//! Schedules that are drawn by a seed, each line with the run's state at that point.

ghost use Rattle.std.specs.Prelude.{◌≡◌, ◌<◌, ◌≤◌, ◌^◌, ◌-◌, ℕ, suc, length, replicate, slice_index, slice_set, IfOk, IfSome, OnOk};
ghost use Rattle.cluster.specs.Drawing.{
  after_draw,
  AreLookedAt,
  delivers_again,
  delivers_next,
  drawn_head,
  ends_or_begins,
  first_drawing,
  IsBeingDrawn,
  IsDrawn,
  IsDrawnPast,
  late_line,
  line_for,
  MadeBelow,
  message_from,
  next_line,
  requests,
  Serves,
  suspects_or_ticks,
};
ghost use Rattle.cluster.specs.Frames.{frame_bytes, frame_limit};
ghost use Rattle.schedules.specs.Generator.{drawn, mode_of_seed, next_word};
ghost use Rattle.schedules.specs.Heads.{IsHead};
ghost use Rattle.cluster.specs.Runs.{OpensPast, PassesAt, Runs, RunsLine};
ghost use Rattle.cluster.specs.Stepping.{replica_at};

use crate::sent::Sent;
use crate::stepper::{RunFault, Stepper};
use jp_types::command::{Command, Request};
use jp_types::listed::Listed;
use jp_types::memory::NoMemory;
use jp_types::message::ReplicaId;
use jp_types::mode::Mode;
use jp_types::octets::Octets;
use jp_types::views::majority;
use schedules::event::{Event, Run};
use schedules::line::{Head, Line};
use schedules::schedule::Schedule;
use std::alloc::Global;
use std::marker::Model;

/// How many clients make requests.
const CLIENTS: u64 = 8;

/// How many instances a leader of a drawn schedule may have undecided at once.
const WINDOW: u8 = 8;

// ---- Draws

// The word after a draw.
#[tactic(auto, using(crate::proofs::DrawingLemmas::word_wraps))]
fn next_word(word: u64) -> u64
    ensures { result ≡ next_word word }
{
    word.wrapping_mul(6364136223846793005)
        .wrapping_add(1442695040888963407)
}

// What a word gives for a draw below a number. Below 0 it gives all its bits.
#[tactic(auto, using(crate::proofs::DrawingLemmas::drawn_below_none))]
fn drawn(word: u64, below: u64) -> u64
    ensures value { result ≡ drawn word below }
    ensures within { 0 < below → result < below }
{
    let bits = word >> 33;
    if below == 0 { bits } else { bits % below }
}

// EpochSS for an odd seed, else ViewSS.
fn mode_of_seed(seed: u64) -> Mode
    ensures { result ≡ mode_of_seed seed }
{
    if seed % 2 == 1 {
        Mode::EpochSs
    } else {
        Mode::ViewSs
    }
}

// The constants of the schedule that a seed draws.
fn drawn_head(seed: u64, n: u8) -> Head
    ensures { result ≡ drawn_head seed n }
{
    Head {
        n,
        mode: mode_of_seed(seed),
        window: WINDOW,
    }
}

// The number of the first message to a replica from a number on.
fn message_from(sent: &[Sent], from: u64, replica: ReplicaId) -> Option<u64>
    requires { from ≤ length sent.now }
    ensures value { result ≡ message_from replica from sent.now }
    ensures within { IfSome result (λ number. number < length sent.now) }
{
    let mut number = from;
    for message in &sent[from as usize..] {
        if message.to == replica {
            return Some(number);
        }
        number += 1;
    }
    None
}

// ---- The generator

Problem details: Take from the listing above each line containing "requests".

Written answer:
  requests,
/// How many clients make requests.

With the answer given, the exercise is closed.